Good comments are essential – write ones that explain why the code works the way it does, not just what it does.
Remember to test the code with different kinds of input to make sure it works in all situations. Most importantly, adapt the code to fit your specific business needs, since AI doesn’t know your exact situation.
2. Use AI as a Starting Point
Think of AI-generated code as a rough draft or outline. It gives you a good place to start, but you need to build on it.
The code from AI tools often has very basic error handling, so you’ll need to improve it by adding specific error checks and helpful error messages.
Take time to look carefully at security issues and add extra protection where needed.
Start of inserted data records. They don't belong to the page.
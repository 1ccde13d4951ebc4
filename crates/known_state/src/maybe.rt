use four_state::Truth;

/// The answer to a question about a vector of which not all bits are known.
#[derive(Clone, Copy, PartialEq, Eq)]
pub enum Maybe {
    /// Yes, whatever the vector is.
    Yes,
    /// No, whatever the vector is.
    No,
    /// It hangs on bits that are not sure, and this thing is to blame.
    Unsure(u32),
}

/// What a vector of which not all bits are known says as a condition.
#[derive(Clone, Copy)]
pub enum KnownTruth {
    /// This, whatever the vector is.
    Sure(Truth),
    /// It hangs on bits that are not sure, and this thing is to blame.
    Unsure(u32),
}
Remember that AI gives you general-purpose code, but your project needs specific solutions.
Add proper logging so you can track what’s happening when the code runs in the real world, and set up ways to monitor if everything is working correctly.
3. Document AI Usage
Good documentation is key when working with AI-generated code. Add comments at the start of AI-generated sections to mark them clearly.
When you make changes, write down what you changed and why – this helps other developers (or yourself in the future) understand the code better.
Keep track of which parts were written by humans and which came from AI. This makes it much easier to maintain the code later.
Write down how you tested the code and what results you got, so everyone understands what the code does and how reliable it is.
Remember that AI is a tool to help you write code faster, but it shouldn’t replace careful review and customization for your specific needs. Good documentation and testing are just as important with AI-generated code as they are with human-written code.
By following these practices, you’ll get the best results from using AI while maintaining high-quality, reliable code.